Preheat oven to 450 degrees. Cover chicken breast with plastic wrap and using a meat mallet or heavy pan or skillet, pound chicken out evenly to about 1/4" thickness. Try and keep the shape of the chicken roughly rectangular or square. Season both sides with salt and pepper. Lay the chicken skin side down, and layer the Procuitto (or ham), cheese, and 3 sage leaves on half of the chicken, using the longer side of the breast. Roll the chicken tightly like a jelly roll, and secure tightly with the string or toothpicks.

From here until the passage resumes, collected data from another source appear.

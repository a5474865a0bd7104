// The commands of a PK file: how many bytes each has.
// No struct of file, place and opcode: extent_of and packets::packet_at are public and keep their parameters.
ghost use Rattle.std.specs.Prelude.{◌≡◌, ◌+◌, ◌≤◌, ◌<◌, length, drop};
ghost use Rattle.packed.specs.Commands.{form_of, fixed_bytes, counted_bytes};
ghost use Rattle.packed.specs.Steps.{extent_of};

use crate::Form;

// No enum of kinds: these are bytes of the file, ends of ranges, and one of them is subtracted.
// Flags are up to this. A special's opcode is so much above the number of its length's bytes.
const LAST_FLAG: u64 = 239;

pub const SPECIAL1: u64 = 240;

const SPECIAL4: u64 = 243;

const NUMBER: u64 = 244;

pub const POSTAMBLE: u64 = 245;

pub const NO_OP: u64 = 246;

pub const PREAMBLE: u64 = 247;

// The form that a flag names.
#[tactic(auto, unfolding(crate::specs::Commands::form_of))]
pub fn form_of(flag: u64) -> Form
    ensures { result ≡ form_of flag }
{
    let high = (flag % 4) as usize;
    match flag % 8 {
        0..=3 => Form {
            added: high * 256,
            length: 1,
            code: 1,
            width: 3,
            escapement: 1,
            fields: 8,
        },
        4..=6 => Form {
            added: high * 65536,
            length: 2,
            code: 1,
            width: 3,
            escapement: 2,
            fields: 13,
        },
        _ => Form {
            added: 0,
            length: 4,
            code: 4,
            width: 4,
            escapement: 4,
            fields: 28,
        },
    }
}

// The parameter bytes that a command always has. Tests in this order, here and below, and no match of ranges: with one, and one expression in is_misplaced, a no-op takes a quarter more instructions and a special half as many again.
#[tactic(auto, unfolding(crate::specs::Commands::fixed_bytes, crate::specs::Commands::form_of))]
pub fn fixed_bytes(opcode: u64) -> usize
    ensures { (result ≡ fixed_bytes opcode) × (result ≤ 18) }
{
    if opcode <= LAST_FLAG {
        let form = form_of(opcode);
        return form.length + form.code;
    }
    if opcode <= SPECIAL4 {
        return (opcode - LAST_FLAG) as usize;
    }
    match opcode {
        NUMBER => 4,
        PREAMBLE => 18,
        _ => 0,
    }
}

// The bytes that a length inside the command counts; its parameters start at a place.
#[tactic(auto, unfolding(crate::specs::Commands::counted_bytes, crate::specs::Commands::fixed_bytes, crate::specs::Commands::form_of))]
fn counted_bytes(pk: &[u8], from: usize, opcode: u64) -> usize
    requires { from + fixed_bytes opcode ≤ length pk.now }
    ensures { (result ≡ counted_bytes opcode (drop from pk.now)) × (result < 4294967296) }
{
    if opcode <= LAST_FLAG {
        let form = form_of(opcode);
        return form.added + numbers::unsigned_at(pk, from, form.length) as usize;
    }
    if opcode <= SPECIAL4 {
        return numbers::unsigned_at(pk, from, (opcode - LAST_FLAG) as usize) as usize;
    }
    if opcode == PREAMBLE {
        return usize::from(pk[from + 1]);
    }
    0
}

// Where the command ends whose parameters start at a place, if its bytes are all there.
pub fn extent_of(pk: &[u8], from: usize, opcode: u64) -> Option<usize>
    requires { from ≤ length pk.now }
    ensures { result ≡ extent_of pk.now from opcode }
{
    let room = pk.len() - from;
    let fixed = fixed_bytes(opcode);
    if room < fixed {
        return None;
    }
    let counted = counted_bytes(pk, from, opcode);
    if room - fixed < counted {
        return None;
    }
    Some(from + fixed + counted)
}
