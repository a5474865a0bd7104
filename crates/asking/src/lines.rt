// A line taken apart at its blanks. Where two blanks meet, or a line begins or ends with one, a word is empty.

// How many words a line has: one more than blanks.
pub fn word_count(line: &[u8]) -> usize {
    line.split(|byte| *byte == b' ').count()
}

// The word of that number, counted from 0, or an empty one where the line has fewer.
pub fn word(line: &[u8], index: usize) -> &[u8] {
    line.split(|byte| *byte == b' ').nth(index).unwrap_or(&[])
}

Coat the chicken with a light dusting of flour, and shake off the excess. In a heavy skillet or pan (one that can go in the oven), heat the oil on high until lightly smoking and sear the chicken on all sides until a dark golden brown (easier if you use string - if you use toothpicks, you will probably only be able to sear 2-3 sides), about 40-45 seconds per side if your pan is hot enough. Just don't keep moving around the chicken once you add it to the pan. Remove chicken from the pan and set aside. Add the Onions, Carrots, Celery, and Garlic to the pan, and saute until the vegetables start to brown, about 3-4 minutes. Strain out the excess  oil, place the Chicken back in the pan on top of the vegetables, and finish cooking in the oven, approx. 20-25 minutes or until the juices run clear. When the chicken is done, remove pan from the oven, and place chicken on the side. Set pan on the stove, and on high, add the chicken stock, wine, rosemary, and bay leaves to deglaze the pan. Using a wooden spoon, scrape up all the browning on the bottom of the pan.  Bring to a boil, turn down heat to about med-high, and reduce liquid to about a 1/2 cup (approx 4-6 minutes). Stir in the honey, mustard, and lemon zest, and off the heat, quickly stir in the butter until emulsified in the sauce. Season to taste with the salt and pepper and strain the sauce from the vegetables. To serve, slice chicken into 1" medallions, and drizzle sauce over the chicken.


----------